**MATERIAL PROVIDED**
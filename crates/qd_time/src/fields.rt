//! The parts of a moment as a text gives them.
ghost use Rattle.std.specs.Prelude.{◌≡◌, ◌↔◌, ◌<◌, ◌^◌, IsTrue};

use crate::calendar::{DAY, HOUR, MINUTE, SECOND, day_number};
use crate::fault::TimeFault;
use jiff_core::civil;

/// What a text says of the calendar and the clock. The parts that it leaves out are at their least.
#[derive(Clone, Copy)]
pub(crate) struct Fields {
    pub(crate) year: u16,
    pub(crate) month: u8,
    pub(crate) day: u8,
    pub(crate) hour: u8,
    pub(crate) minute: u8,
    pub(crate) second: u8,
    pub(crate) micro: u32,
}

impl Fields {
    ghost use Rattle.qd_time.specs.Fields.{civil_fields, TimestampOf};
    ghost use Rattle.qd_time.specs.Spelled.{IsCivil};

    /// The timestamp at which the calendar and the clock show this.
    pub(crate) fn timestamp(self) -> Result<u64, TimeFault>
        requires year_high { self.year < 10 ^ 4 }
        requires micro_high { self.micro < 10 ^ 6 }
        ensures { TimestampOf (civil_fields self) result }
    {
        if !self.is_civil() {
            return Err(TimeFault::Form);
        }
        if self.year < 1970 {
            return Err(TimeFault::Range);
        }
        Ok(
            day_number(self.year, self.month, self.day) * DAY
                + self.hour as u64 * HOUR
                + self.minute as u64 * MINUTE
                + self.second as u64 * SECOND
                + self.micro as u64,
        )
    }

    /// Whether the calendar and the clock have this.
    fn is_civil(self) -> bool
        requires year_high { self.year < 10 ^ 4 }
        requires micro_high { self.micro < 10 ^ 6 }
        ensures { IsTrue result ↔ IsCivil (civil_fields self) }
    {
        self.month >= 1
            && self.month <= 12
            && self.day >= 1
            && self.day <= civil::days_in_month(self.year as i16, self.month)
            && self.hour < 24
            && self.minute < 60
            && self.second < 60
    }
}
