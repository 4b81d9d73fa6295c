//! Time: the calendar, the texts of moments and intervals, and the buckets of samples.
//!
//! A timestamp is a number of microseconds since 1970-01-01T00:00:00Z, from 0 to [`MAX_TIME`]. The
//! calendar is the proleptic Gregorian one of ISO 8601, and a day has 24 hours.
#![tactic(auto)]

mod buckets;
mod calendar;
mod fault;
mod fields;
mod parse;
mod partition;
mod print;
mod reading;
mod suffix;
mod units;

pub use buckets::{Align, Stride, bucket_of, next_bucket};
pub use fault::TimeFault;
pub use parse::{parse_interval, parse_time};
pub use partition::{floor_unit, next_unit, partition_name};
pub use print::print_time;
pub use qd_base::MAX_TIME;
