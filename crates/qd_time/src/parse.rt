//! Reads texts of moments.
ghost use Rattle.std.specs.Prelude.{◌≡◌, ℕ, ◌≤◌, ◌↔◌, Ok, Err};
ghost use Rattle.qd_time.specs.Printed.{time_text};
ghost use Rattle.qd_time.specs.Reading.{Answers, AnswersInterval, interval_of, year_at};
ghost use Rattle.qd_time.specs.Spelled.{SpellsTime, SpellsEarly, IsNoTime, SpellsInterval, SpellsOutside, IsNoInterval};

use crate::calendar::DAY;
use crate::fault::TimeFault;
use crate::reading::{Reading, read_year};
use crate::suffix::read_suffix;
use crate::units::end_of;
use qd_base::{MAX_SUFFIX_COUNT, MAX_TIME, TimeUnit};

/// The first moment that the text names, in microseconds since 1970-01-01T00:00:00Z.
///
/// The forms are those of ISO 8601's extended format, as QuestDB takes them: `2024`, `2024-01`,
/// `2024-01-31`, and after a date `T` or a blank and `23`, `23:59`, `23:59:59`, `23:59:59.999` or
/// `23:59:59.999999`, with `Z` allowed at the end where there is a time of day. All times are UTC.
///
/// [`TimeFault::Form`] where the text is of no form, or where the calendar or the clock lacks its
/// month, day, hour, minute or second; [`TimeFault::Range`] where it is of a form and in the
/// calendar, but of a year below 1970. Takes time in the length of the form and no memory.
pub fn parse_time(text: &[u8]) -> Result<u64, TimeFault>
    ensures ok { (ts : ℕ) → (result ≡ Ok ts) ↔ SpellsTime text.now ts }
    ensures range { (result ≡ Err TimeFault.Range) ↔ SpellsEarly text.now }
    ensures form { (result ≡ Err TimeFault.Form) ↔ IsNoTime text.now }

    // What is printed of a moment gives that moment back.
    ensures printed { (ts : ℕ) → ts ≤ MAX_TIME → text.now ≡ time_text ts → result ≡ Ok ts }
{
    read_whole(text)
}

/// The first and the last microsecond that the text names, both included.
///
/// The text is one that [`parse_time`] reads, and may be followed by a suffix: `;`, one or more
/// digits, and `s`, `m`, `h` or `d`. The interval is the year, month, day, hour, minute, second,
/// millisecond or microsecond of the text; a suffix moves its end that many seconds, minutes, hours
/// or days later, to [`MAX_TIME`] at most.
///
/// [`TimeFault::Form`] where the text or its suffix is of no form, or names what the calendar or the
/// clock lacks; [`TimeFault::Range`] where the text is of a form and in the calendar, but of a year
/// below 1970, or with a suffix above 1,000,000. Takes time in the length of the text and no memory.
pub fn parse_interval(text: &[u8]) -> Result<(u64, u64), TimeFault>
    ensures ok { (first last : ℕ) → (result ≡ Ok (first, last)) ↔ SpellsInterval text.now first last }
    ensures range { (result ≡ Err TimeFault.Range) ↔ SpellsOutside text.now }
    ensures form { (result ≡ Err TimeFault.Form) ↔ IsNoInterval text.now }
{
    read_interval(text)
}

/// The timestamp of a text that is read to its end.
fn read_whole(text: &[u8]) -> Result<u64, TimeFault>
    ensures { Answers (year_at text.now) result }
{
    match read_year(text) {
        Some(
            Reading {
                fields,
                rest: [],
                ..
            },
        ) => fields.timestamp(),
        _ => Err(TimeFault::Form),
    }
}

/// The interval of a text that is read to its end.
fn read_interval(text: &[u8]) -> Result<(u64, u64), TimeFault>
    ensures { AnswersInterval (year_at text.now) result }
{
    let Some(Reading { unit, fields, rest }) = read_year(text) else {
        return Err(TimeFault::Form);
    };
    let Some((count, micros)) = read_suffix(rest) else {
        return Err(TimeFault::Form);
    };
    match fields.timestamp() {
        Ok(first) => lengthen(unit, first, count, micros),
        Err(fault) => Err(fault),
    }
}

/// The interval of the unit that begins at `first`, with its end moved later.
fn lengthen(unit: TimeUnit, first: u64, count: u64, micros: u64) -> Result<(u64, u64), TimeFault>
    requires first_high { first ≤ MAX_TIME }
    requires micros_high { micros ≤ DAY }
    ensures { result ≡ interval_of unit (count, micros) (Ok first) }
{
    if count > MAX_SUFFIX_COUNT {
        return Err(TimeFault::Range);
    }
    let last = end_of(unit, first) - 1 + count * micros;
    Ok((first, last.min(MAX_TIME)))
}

**BRIEF**
Produce a word-for-word copy of everything above from the line holding "clock lacks its" down to the line holding "that moment back.", with both of those lines kept.

**ANSWER FOR THIS EXERCISE**
/// [`TimeFault::Form`] where the text is of no form, or where the calendar or the clock lacks its
/// month, day, hour, minute or second; [`TimeFault::Range`] where it is of a form and in the
/// calendar, but of a year below 1970. Takes time in the length of the form and no memory.
pub fn parse_time(text: &[u8]) -> Result<u64, TimeFault>
    ensures ok { (ts : ℕ) → (result ≡ Ok ts) ↔ SpellsTime text.now ts }
    ensures range { (result ≡ Err TimeFault.Range) ↔ SpellsEarly text.now }
    ensures form { (result ≡ Err TimeFault.Form) ↔ IsNoTime text.now }

    // What is printed of a moment gives that moment back.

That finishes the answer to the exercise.